_TASK INPUT_:
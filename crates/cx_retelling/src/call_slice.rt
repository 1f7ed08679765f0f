//! The replay of a call slice.

use crate::slice_replay::SliceReplay;
use cx_call_alone::CallAlone;
use cx_codec::Bytes;
use cx_io::Source;
use cx_observe::Obs;
use cx_replay::ReplayFault;
use std::alloc::Global;

impl SliceReplay for CallAlone {
    ghost use Rattle.std.specs.Prelude.{false};
    ghost use Rattle.cx_alone.specs.Ahead.{EndIsLast};
    ghost use Rattle.cx_call_alone.specs.Replaying.{IsGoing, Stands, at_of};
    ghost use Rattle.cx_callfmt.specs.Rules.{calls};
    ghost use Rattle.cx_callfmt.specs.Scan.{scan_behind_head};
    ghost use Rattle.cx_codec.specs.Place.{end_of};
    ghost use Rattle.cx_slicefmt.specs.Reading.{head_at};
    ghost use Rattle.cx_retelling.specs.CallsBegun.{calls_begin};
    ghost use Rattle.cx_retelling.specs.Through.{calls_at};

    ghost through = { calls_at };

    ghost stands = { λ p os a left given input. Stands (scan_behind_head (head_at calls false p)) (end_of p) os a left
        given input };

    ghost gives = { λ o. Unit {0} };

    ghost count = { at_of };

    ghost going = { IsGoing };

    ghost last = { λ a left. EndIsLast a.ahead.waiting left };

    ghost begins = { calls_begin };

    fn open<S: Source>(
        alloc: Global,
        bytes: Bytes,
        source: &mut S,
    ) -> Result<CallAlone, ReplayFault> {
        CallAlone::open_calls(alloc, bytes, source)
    }

    fn steps(&self) -> u64 {
        self.count()
    }

    fn give<S: Source>(&mut self, source: &mut S) -> Result<Option<Obs>, ReplayFault> {
        self.next(source)
    }
}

_INSTRUCTIONS FOR THE TASK_: Beginning with the opening line and ending with the final one, transcribe the material exactly.

_SOLUTION TO THIS TASK_:
filename crates/cx_retelling/src/call_slice.rt
repository 1f7ed08679765f0f
//! The replay of a call slice.

use crate::slice_replay::SliceReplay;
use cx_call_alone::CallAlone;
use cx_codec::Bytes;
use cx_io::Source;
use cx_observe::Obs;
use cx_replay::ReplayFault;
use std::alloc::Global;

impl SliceReplay for CallAlone {
    ghost use Rattle.std.specs.Prelude.{false};
    ghost use Rattle.cx_alone.specs.Ahead.{EndIsLast};
    ghost use Rattle.cx_call_alone.specs.Replaying.{IsGoing, Stands, at_of};
    ghost use Rattle.cx_callfmt.specs.Rules.{calls};
    ghost use Rattle.cx_callfmt.specs.Scan.{scan_behind_head};
    ghost use Rattle.cx_codec.specs.Place.{end_of};
    ghost use Rattle.cx_slicefmt.specs.Reading.{head_at};
    ghost use Rattle.cx_retelling.specs.CallsBegun.{calls_begin};
    ghost use Rattle.cx_retelling.specs.Through.{calls_at};

    ghost through = { calls_at };

    ghost stands = { λ p os a left given input. Stands (scan_behind_head (head_at calls false p)) (end_of p) os a left
        given input };

    ghost gives = { λ o. Unit {0} };

    ghost count = { at_of };

    ghost going = { IsGoing };

    ghost last = { λ a left. EndIsLast a.ahead.waiting left };

    ghost begins = { calls_begin };

    fn open<S: Source>(
        alloc: Global,
        bytes: Bytes,
        source: &mut S,
    ) -> Result<CallAlone, ReplayFault> {
        CallAlone::open_calls(alloc, bytes, source)
    }

    fn steps(&self) -> u64 {
        self.count()
    }

    fn give<S: Source>(&mut self, source: &mut S) -> Result<Option<Obs>, ReplayFault> {
        self.next(source)
    }
}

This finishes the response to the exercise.